# Xtrail GT motor swap into Canadian model



## Nistech46 (Jun 11, 2015)

Anyone out there swaped and sr20vet from a gt into a qr25de model. Not much info out there on the rare gt motor. Hoping at least someone could post motor mount locations and transfer case pictures. All I can find is pics of the top of the motor. Thanks.


----------



## 88turborx7 (Jul 28, 2012)

Ever find any info on this? I would like to do it this summer.


----------



## Nistech46 (Jun 11, 2015)

Yes direct swap in with ecu and harness. Everything is plug and play.


----------



## X-hale (Apr 17, 2017)

Finding a motor and tranny from a GT would be the problem.
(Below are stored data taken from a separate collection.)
impl<K: Drop> Buffer<K> {
    /// A buffer of a text, of which nothing is kept. `TooLong` where it has more than 4,000,000 bytes.
    /// Cost: O(n), memory for a copy of the text and an entry for each paragraph: 32 bytes and the size of what is kept
    /// beside it.
    pub fn of(alloc: Global, tables: &Tables, text: &str) -> Result<Buffer<K>, BufferFault>
        ensures text { IfOk result (λ buffer. text_in buffer ≡ code_points text.now) }
        ensures split { IfOk result (λ buffer. IsSplit tables.now (paragraphs_in buffer)) }
        ensures nothing { IfOk result (λ buffer. buffer ≡ map anew (paragraphs_in buffer)) }
        ensures too_long { (result ≡ Err TooLong) ↔ (4_000_000 < length text.now) }
    {
        if text.len() > LIMIT {
            return Err(BufferFault::TooLong);
        }
        let pieces = pieces_of(alloc, tables, text)?;
        let paragraphs = pieces.len();
        let sums = sum_up(&pieces);
        let blocks = blocks_of(alloc, pieces)?;
        Ok(Buffer {
            alloc,
            blocks,
            bytes: sums.bytes,
            places: sums.places,
            paragraphs,
            near: Before {
                block: 0,
                paragraphs: 0,
                bytes: 0,
                places: 0,
            },
        })
    }

    /// How many code points the text has.
    #[inline]
    pub fn len(&self) -> usize
        ensures { result ≡ length (text_in self.now) }
    {
        self.places
    }

    /// How many bytes it has.
    #[inline]
    pub fn bytes(&self) -> usize
        ensures bytes { result ≡ bytes_in (text_in self.now) }
        ensures few { result ≤ 4_000_000 }
        // What is true of every buffer, for the caller's proof.
        ensures utf8 { IsUtf8 (encode_utf8_all (text_in self.now)) }
    {
        self.bytes
    }

    /// Goes to a place: what is asked for next is found from there. The text and what is kept of it stay. An edit goes to
    /// where it is made.
    /// Cost: O(d / 32) of the d paragraphs between it and where the buffer is.
    pub fn go_to(&mut self, place: usize)
        requires { place ≤ length (text_in self.old) }
        ensures { self.new ≡ self.old }
    {
        let start = back_to_place(&self.blocks, self.near, place);
        self.near = block_at(&self.blocks, start, place);
    }

    /// How many paragraphs it has: at least one, and more than separators at most by one.
    #[inline]
    pub fn paragraph_count(&self) -> usize
        ensures { result ≡ length self.now }
    {
        self.paragraphs
    }

    /// A paragraph by its number, from 0.
    /// Cost: O(d / 32 + 64) of the d paragraphs between it and where the buffer is.
    pub fn paragraph(&self, number: usize) -> Para<'_>
        requires { number < length self.now }
        ensures paragraph { (tables : TableValues) → IsSplit tables (paragraphs_in self.now) → slice_get (paragraphs tables (encode_utf8_all (text_in self.now))) number ≡ Some result }
    {
        self.cursor(number).paragraph()
    }

    /// A cursor at a paragraph.
    /// Cost: O(d / 32 + 64) of the d paragraphs between it and where the buffer is.
    pub fn cursor(&self, number: usize) -> Cursor<'_, K>
        requires { number < length self.now }
        ensures paragraphs { result.paragraphs ≡ self.now }
        ensures number { result.number ≡ number }
    {
        Cursor::at(&self.blocks, find(&self.blocks, self.near, number))
    }

    /// A cursor at the paragraph in which a place stands.
    /// Cost: O(d / 32 + 64) of the d paragraphs between it and where the buffer is.
    pub fn cursor_at(&self, place: usize) -> Cursor<'_, K>
        requires { place ≤ length (text_in self.now) }
        ensures paragraphs { result.paragraphs ≡ self.now }
        ensures number { IsParagraphOf (paragraphs_in self.now) place result.number }
    {
        Cursor::at(&self.blocks, find_at(&self.blocks, self.near, place))
    }

    /// The number of the paragraph in which a place stands: of the last one that begins at it or before.
    /// Cost: O(d / 32 + 64) of the d paragraphs between it and where the buffer is.
    pub fn paragraph_of(&self, place: usize) -> usize
        requires { place ≤ length (text_in self.now) }
        ensures { IsParagraphOf (paragraphs_in self.now) place result }
    {
        find_at(&self.blocks, self.near, place).number
    }

    /// What is kept of a paragraph, or nothing.
    /// Cost: O(d / 32 + 64) of the d paragraphs between it and where the buffer is.
    pub fn kept(&self, number: usize) -> Option<&K>
        requires { number < length self.now }
        ensures { slice_get (kept_in self.now) number ≡ Some (option_copied result) }
    {
        let before = block_near(&self.blocks, self.near, number);
        self.blocks[before.block].pieces[number - before.paragraphs]
            .kept
            .as_ref()
    }

    /// Keeps a value beside a paragraph, until an edit makes it anew or another takes its place.
    /// Cost: O(d / 32 + 64) of the d paragraphs between it and where the buffer is.
    pub fn keep(&mut self, number: usize, value: K)
        requires { number < length self.old }
        ensures paragraphs { paragraphs_in self.new ≡ paragraphs_in self.old }
        ensures kept { kept_in self.new ≡ slice_set (kept_in self.old) number (Some value) }
    {
        let before = block_near(&self.blocks, self.near, number);
        self.blocks[before.block].keep(number - before.paragraphs, value);
    }

    /// Drops what is kept of all paragraphs but those from one number up to another.
    /// Cost: O(n / 32) of the paragraphs, and O(64) for each block of at most 64 of which something is kept.
    pub fn forget_but(&mut self, from: usize, to: usize)
        requires { from ≤ to }
        ensures paragraphs { paragraphs_in self.new ≡ paragraphs_in self.old }
        ensures kept { kept_in self.new ≡ kept_but from to (kept_in self.old) }
    {
        self.forget_in_turn(from, to, 1, 0);
    }

    /// Drops what is kept of each paragraph whose number leaves `turn` when it is divided by `step`, but of none from one number
    /// up to another.
    /// Cost: that of `forget_but`.
    pub fn forget_in_turn(&mut self, from: usize, to: usize, step: usize, turn: usize)
        requires { 0 < step }
        ensures paragraphs { paragraphs_in self.new ≡ paragraphs_in self.old }
        ensures kept { kept_in self.new ≡ left_of (record { from = from; to = to; step = step; turn = turn }) 0 (kept_in self.old) }
    {
        let spared = Spared {
            from,
            to,
            step,
            turn,
        };
        forget_but(&mut self.blocks, spared);
    }

    /// Puts a text in the place of the code points from one place up to another, and answers which paragraphs it made anew; of
    /// these nothing is kept, and of the others what was. After a fault all is as it was: `TooLong` where the text would have
    /// more than 4,000,000 bytes.
    /// Cost: O(d / 32 + 64) of the d paragraphs between it and where the buffer is, and O(m) of those that it
    /// touches and of the text put in; memory for their text.
    pub fn edit(
        &mut self,
        tables: &Tables,
        from: usize,
        to: usize,
        text: &str,
    ) -> Result<Touched, BufferFault>
        requires split { IsSplit tables.now (paragraphs_in self.old) }
        requires order { from ≤ to }
        requires within { to ≤ length (text_in self.old) }
        ensures text { OnOk result (text_in self.new ≡ replaced (text_in self.old) from to (code_points text.now)) }
        ensures split { OnOk result (IsSplit tables.now (paragraphs_in self.new)) }
        ensures touched { IfOk result (λ touched. IsTouched self.old from to touched self.new) }
        ensures unchanged { OnErr result (self.new ≡ self.old) }
        ensures too_long { (result ≡ Err TooLong) ↔ (4_000_000 < bytes_in (replaced (text_in self.old) from to (code_points text.now))) }
    {
        let plan = plan_edit(
            self.alloc,
            tables,
            &self.blocks,
            self.near,
            self.bytes,
            from,
            to,
            text,
        )?;
        // The blocks before this one stay, whether the change is made or not.
        self.near = at_or_in_front(&self.blocks, plan.stretch.block);
        let touched = change(
            self.alloc,
            tables,
            &mut self.blocks,
            self.paragraphs,
            plan.stretch,
            plan.one,
        )?;
        let more = text.chars().count();
        self.bytes = plan.bytes;
        self.places = self.places - (to - from) + more;
        self.paragraphs = self.paragraphs - touched.old + touched.new;
        Ok(touched)
    }

    /// Puts a character at a place, as `edit` does.
    /// Cost: O(d / 32 + 64) of the d paragraphs between it and where the buffer is, and O(m) of the one at the
    /// place and those it joins; memory for their text.
    pub fn put(&mut self, tables: &Tables, place: usize, ch: char) -> Result<Touched, BufferFault>
        requires split { IsSplit tables.now (paragraphs_in self.old) }
        requires place { place ≤ length (text_in self.old) }
        ensures text { OnOk result (text_in self.new ≡ insert (text_in self.old) place ch) }
        ensures split { OnOk result (IsSplit tables.now (paragraphs_in self.new)) }
        ensures touched { IfOk result (λ touched. IsTouched self.old place place touched self.new) }
        ensures unchanged { OnErr result (self.new ≡ self.old) }
        ensures too_long { (result ≡ Err TooLong) ↔ (4_000_000 < bytes_in (insert (text_in self.old) place ch)) }
    {
        let mut bytes = [0; 4];
        self.edit(tables, place, place, ch.encode_utf8(&mut bytes))
    }

    /// Erases the character at a place, as `edit` does. The fault is `Memory`.
    /// Cost: O(d / 32 + 64) of the d paragraphs between it and where the buffer is, and O(m) of the one at the
    /// place and those it joins; memory for their text.
    pub fn cut(&mut self, tables: &Tables, place: usize) -> Result<Touched, BufferFault>
        requires split { IsSplit tables.now (paragraphs_in self.old) }
        requires place { place < length (text_in self.old) }
        ensures text { OnOk result (text_in self.new ≡ remove (text_in self.old) place) }
        ensures split { OnOk result (IsSplit tables.now (paragraphs_in self.new)) }
        ensures touched { IfOk result (λ touched. IsTouched self.old place (place + 1) touched self.new) }
        ensures unchanged { OnErr result (self.new ≡ self.old) }
        ensures fits { result ≡ Err TooLong → ⊥ }
    {
        // The text that is there has no more bytes than it may.
        let _bytes = self.bytes;
        self.edit(tables, place, place + 1, "")
    }

    /// Makes a change, as `edit` does.
    /// Cost: that of `put` or `cut`, memory as they take it.
    pub fn apply(&mut self, tables: &Tables, change: &Change) -> Result<Touched, BufferFault>
        requires split { IsSplit tables.now (paragraphs_in self.old) }
        requires place { IsInRange (text_in self.old) change.now }
        ensures text { OnOk result (text_in self.new ≡ changed (text_in self.old) change.now) }
        ensures split { OnOk result (IsSplit tables.now (paragraphs_in self.new)) }
        ensures touched { IfOk result (λ touched. IsTouched self.old (place_of change.now) (end_of change.now) touched self.new) }
        ensures unchanged { OnErr result (self.new ≡ self.old) }
        ensures too_long { (result ≡ Err TooLong) ↔ (4_000_000 < bytes_in (changed (text_in self.old) change.now)) }
    {
        // The text that is there has no more bytes than it may.
        let _bytes = self.bytes;
        match *change {
            Change::Put { place, ch } => self.put(tables, place, ch),
            Change::Cut { place } => self.cut(tables, place),
        }
    }

    /// Whether each of these changes is in range when its turn comes.
    /// Cost: O(k) of the changes.
    pub fn may_apply(&self, changes: &[Change]) -> bool
        ensures { IsTrue result ↔ AreInRange (text_in self.now) changes.now }
    {
        are_in_range(self.places, changes)
    }

    /// Makes changes in turn, as `apply` does. Characters that are cut at one place, and others that are put there behind one
    /// another, are one edit together, which splits the paragraphs that they meet once. After a fault those before that edit
    /// stand, so many as it tells.
    /// Cost: that of `edit` for each run of characters that are cut at one place and of others that are put there;
    /// memory as it takes it.
    pub fn apply_all(&mut self, tables: &Tables, changes: &[Change]) -> Result<(), Stopped>
        requires split { IsSplit tables.now (paragraphs_in self.old) }
        requires places { AreInRange (text_in self.old) changes.now }
        ensures text { OnOk result (text_in self.new ≡ all_changed (text_in self.old) changes.now) }
        ensures split { IsSplit tables.now (paragraphs_in self.new) }
        ensures touched { OnOk result (AreTouched self.old changes.now self.new) }
        ensures stopped { IfErr result (λ s. s.made < length changes.now) }
        ensures made { IfErr result (λ s. text_in self.new ≡ all_changed (text_in self.old) (take s.made changes.now)) }
        ensures made_touched { IfErr result (λ s. AreTouched self.old (take s.made changes.now) self.new) }
        ensures too_long { IfErr result (λ s. s.fault ≡ TooLong → (count : ℕ) × (s.made < count) × (count ≤ length changes.now)
            × (4_000_000 < bytes_in (all_changed (text_in self.old) (take count changes.now)))) }
    {
        let mut made = 0;
        while made < changes.len() {
            match self.apply_run(tables, &changes[made..]) {
                Ok(count) => made += count,
                Err(fault) => return Err(Stopped { made, fault }),
            }
        }
        Ok(())
    }

    /// Makes the first run of some changes, and answers how many these are.
    fn apply_run(&mut self, tables: &Tables, changes: &[Change]) -> Result<usize, BufferFault>
        requires some { 0 < length changes.now }
        requires split { IsSplit tables.now (paragraphs_in self.old) }
        requires places { AreInRange (text_in self.old) changes.now }
        ensures some { IfOk result (λ count. 0 < count) }
        ensures within { IfOk result (λ count. count ≤ length changes.now) }
        ensures text { IfOk result (λ count. text_in self.new ≡ all_changed (text_in self.old) (take count changes.now)) }
        ensures places { IfOk result (λ count. AreInRange (text_in self.new) (drop count changes.now)) }
        ensures split { OnOk result (IsSplit tables.now (paragraphs_in self.new)) }
        ensures touched { IfOk result (λ count. IsStepOf self.old (take count changes.now) (drop count changes.now) self.new) }
        ensures unchanged { OnErr result (self.new ≡ self.old) }
        ensures too_long { result ≡ Err TooLong → (count : ℕ) × (0 < count) × (count ≤ length changes.now)
            × (4_000_000 < bytes_in (all_changed (text_in self.old) (take count changes.now))) }
    {
        let first = first_run(self.alloc, changes)?;
        self.edit(tables, first.from, first.to, &first.text)?;
        Ok(first.count)
    }
}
I did find one though...https://www.jdmnewyork.com/product/nissan-x-trail-gt-2-0l-neo-vvl-turbo-engine-auto-awd-trans-ecu-jdm-sr20vet-3/ The motors are available from various JDM importers but I don't think a stock X-Trail tranny would handle the extra HP. There is a GT for sale in BC though, right hand drive from Japan of course. Cheap too.
https://www.kijiji.ca/v-cars-trucks/kelowna/2002-nissan-xtrail-gt/1408124156?enableSearchNavigationFlag=true


----------